— WHAT IS NEEDED —
The word "Buffer" marks the lines to report; pull each of them from the listing.

<<<<

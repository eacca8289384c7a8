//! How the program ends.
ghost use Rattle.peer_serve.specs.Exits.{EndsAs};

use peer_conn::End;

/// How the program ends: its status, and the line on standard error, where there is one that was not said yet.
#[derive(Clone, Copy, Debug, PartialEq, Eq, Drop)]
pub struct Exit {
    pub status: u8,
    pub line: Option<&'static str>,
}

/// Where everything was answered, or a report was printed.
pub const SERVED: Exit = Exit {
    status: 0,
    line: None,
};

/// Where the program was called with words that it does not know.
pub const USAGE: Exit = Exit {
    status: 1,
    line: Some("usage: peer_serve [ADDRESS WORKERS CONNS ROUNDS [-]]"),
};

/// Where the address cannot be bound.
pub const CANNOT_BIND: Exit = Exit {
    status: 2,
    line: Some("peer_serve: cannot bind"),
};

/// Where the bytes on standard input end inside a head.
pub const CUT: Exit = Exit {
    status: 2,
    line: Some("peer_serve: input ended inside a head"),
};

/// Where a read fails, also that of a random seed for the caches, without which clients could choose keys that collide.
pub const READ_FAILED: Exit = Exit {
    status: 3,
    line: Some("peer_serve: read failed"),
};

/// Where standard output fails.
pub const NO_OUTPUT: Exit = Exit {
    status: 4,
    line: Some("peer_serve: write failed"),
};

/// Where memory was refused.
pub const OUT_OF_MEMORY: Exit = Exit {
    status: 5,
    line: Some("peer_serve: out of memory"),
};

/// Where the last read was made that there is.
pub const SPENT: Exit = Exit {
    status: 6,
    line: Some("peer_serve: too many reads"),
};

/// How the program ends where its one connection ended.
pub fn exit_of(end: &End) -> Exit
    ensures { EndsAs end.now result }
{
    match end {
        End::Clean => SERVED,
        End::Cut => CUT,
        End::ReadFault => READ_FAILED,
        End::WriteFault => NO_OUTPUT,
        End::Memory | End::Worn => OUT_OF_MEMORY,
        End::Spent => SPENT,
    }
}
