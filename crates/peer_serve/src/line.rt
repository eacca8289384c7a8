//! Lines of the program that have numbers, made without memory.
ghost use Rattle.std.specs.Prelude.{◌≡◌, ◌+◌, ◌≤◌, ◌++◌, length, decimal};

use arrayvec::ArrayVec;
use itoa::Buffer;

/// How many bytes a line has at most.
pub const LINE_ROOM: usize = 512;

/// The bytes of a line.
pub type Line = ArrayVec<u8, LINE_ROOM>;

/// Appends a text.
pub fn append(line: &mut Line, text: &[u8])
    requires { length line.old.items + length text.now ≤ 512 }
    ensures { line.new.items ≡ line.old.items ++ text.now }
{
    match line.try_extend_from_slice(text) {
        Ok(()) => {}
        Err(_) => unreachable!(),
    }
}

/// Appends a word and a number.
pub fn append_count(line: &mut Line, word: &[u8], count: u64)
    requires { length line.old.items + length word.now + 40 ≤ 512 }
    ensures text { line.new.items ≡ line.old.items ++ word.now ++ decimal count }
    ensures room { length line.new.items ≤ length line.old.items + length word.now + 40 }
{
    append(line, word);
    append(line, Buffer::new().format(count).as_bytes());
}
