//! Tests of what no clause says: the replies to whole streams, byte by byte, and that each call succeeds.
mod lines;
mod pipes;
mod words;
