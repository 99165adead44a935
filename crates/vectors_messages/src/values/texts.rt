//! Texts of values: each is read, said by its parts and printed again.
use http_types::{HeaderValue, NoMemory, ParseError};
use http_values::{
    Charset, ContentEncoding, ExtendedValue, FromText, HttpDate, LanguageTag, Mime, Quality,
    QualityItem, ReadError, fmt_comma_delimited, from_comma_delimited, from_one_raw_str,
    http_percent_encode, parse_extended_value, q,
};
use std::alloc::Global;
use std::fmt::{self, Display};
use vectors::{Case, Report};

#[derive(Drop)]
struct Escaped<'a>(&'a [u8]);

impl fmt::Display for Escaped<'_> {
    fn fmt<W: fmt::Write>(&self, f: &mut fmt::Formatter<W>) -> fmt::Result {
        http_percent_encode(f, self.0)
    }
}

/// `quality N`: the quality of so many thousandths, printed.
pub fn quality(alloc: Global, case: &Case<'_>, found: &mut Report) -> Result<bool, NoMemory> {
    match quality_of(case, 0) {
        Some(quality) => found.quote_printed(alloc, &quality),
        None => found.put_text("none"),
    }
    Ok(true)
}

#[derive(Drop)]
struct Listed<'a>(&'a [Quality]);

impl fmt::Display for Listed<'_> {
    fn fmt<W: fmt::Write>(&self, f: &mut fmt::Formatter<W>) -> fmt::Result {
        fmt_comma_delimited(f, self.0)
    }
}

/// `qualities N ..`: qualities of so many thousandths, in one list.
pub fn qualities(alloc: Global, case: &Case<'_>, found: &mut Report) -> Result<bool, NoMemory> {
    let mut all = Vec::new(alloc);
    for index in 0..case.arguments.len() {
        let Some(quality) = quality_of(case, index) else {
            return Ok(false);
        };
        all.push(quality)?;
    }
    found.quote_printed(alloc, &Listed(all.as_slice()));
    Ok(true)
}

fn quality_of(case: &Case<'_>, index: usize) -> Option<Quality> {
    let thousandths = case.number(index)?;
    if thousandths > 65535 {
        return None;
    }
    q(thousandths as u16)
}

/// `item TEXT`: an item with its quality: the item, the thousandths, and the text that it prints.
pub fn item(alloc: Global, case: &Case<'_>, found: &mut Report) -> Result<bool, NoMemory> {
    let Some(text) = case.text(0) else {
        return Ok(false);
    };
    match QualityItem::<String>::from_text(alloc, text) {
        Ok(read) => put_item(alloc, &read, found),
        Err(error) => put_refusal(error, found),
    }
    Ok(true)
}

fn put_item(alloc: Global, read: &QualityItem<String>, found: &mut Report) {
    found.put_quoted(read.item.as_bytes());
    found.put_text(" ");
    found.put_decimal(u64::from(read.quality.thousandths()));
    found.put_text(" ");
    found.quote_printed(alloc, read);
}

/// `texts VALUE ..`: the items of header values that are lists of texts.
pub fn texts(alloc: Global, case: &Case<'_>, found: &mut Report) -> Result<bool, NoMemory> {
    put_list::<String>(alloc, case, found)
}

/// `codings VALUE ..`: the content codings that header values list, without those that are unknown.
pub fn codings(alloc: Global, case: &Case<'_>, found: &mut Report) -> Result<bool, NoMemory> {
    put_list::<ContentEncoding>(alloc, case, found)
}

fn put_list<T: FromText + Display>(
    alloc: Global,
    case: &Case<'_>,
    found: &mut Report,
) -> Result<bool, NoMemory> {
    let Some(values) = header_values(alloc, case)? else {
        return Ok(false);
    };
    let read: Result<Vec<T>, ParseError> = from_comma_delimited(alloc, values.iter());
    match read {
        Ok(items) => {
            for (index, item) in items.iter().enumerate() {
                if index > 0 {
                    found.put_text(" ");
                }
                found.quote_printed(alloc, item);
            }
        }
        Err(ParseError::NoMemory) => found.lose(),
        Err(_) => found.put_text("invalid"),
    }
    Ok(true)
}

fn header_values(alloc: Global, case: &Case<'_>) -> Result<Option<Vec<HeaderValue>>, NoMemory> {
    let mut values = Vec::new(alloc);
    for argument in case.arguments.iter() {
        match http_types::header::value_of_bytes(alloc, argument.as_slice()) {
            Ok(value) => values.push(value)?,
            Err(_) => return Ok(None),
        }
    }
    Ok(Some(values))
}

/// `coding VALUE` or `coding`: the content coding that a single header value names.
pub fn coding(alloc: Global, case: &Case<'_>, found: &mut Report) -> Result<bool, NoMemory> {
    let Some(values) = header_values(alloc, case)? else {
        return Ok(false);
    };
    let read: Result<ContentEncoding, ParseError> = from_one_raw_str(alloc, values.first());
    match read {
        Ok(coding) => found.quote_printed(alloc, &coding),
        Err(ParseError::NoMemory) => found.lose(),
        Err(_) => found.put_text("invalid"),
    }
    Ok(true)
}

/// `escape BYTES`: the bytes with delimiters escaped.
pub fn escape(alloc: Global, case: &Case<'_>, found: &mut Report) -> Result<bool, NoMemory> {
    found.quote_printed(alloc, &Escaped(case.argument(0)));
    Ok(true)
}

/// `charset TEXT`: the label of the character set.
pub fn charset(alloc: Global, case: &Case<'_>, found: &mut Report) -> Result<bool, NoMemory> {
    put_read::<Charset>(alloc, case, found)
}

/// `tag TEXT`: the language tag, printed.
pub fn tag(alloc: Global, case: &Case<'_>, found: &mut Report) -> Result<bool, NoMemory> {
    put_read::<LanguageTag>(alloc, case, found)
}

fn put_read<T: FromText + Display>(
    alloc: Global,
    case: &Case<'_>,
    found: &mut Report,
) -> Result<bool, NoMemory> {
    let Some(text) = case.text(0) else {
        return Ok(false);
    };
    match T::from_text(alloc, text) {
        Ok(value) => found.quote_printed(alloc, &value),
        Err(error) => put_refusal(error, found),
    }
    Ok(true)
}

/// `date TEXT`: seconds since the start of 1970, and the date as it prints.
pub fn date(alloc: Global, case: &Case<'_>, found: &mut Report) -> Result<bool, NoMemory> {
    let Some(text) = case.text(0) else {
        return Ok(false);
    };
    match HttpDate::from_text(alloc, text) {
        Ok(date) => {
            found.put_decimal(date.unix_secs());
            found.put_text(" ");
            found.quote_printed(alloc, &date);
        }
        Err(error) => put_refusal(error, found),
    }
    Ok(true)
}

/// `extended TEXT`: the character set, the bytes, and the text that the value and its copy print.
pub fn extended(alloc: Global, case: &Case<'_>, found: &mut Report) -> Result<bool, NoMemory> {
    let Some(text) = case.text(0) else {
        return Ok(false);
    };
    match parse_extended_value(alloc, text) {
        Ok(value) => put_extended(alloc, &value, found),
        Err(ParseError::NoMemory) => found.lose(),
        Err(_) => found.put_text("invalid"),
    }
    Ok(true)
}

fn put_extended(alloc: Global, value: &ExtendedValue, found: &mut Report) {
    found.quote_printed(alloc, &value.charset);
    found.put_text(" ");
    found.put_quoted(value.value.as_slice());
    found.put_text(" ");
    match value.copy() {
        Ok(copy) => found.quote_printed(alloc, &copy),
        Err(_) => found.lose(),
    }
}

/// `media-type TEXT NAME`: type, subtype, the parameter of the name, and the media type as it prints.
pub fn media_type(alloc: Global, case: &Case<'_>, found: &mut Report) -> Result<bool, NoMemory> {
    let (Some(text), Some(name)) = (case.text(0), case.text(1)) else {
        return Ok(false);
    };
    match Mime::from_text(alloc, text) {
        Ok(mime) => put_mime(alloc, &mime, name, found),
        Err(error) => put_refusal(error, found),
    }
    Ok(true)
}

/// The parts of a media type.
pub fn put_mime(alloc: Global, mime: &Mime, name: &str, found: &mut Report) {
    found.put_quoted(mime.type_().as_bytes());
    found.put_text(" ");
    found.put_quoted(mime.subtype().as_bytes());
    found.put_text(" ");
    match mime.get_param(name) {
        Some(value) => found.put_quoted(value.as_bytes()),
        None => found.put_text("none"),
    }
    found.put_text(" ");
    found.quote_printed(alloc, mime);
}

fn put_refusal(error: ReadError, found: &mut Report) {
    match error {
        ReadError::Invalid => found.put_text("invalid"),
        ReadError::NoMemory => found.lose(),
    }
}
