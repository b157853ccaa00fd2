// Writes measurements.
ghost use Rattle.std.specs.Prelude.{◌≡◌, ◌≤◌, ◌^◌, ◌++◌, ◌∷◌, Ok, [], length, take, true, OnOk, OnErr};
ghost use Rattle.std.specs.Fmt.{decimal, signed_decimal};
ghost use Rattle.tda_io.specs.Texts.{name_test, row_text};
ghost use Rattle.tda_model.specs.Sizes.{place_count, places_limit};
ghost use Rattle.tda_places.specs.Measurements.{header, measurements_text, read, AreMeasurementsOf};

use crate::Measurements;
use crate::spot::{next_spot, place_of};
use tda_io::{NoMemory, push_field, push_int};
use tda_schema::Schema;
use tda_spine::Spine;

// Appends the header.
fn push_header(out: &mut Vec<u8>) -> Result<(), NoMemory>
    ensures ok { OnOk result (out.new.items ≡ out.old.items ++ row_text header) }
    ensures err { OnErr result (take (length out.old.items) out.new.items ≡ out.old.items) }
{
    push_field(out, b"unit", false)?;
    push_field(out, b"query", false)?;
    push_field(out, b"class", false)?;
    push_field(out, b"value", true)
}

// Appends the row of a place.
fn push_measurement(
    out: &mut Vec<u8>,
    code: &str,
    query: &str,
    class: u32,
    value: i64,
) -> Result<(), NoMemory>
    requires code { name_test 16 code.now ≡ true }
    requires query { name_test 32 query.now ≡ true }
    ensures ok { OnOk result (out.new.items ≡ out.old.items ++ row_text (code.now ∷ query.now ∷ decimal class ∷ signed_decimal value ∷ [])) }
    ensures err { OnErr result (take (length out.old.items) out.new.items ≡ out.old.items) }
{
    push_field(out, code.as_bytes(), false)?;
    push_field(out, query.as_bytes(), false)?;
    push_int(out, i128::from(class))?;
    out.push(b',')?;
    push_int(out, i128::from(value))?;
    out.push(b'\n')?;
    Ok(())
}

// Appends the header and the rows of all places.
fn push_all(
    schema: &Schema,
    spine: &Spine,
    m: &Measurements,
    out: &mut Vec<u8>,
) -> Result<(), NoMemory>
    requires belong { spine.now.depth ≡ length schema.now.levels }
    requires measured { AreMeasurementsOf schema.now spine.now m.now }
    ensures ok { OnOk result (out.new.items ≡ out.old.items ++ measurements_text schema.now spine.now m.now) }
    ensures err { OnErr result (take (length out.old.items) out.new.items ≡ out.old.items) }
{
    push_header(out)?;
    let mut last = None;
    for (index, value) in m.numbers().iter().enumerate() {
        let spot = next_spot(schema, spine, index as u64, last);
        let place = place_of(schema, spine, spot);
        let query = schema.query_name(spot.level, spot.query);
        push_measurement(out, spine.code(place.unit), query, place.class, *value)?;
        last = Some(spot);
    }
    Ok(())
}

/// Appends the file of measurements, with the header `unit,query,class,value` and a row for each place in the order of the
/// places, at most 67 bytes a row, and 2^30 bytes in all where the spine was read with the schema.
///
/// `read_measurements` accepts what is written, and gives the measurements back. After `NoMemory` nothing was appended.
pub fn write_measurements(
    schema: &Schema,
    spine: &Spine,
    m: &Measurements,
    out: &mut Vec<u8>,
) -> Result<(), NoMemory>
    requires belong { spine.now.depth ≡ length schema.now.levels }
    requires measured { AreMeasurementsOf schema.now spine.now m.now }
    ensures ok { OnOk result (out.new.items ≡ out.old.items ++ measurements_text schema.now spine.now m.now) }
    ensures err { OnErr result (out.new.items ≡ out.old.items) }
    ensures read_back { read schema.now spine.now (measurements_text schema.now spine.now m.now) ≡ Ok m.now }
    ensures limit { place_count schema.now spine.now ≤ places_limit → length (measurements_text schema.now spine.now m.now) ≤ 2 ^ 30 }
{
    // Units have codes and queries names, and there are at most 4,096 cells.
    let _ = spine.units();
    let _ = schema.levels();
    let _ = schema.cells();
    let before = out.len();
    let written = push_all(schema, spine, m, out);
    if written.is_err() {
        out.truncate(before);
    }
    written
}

>>>>

— REPLY TO THE TASK —
use itoa::Buffer;
    append(line, Buffer::new().format(count).as_bytes());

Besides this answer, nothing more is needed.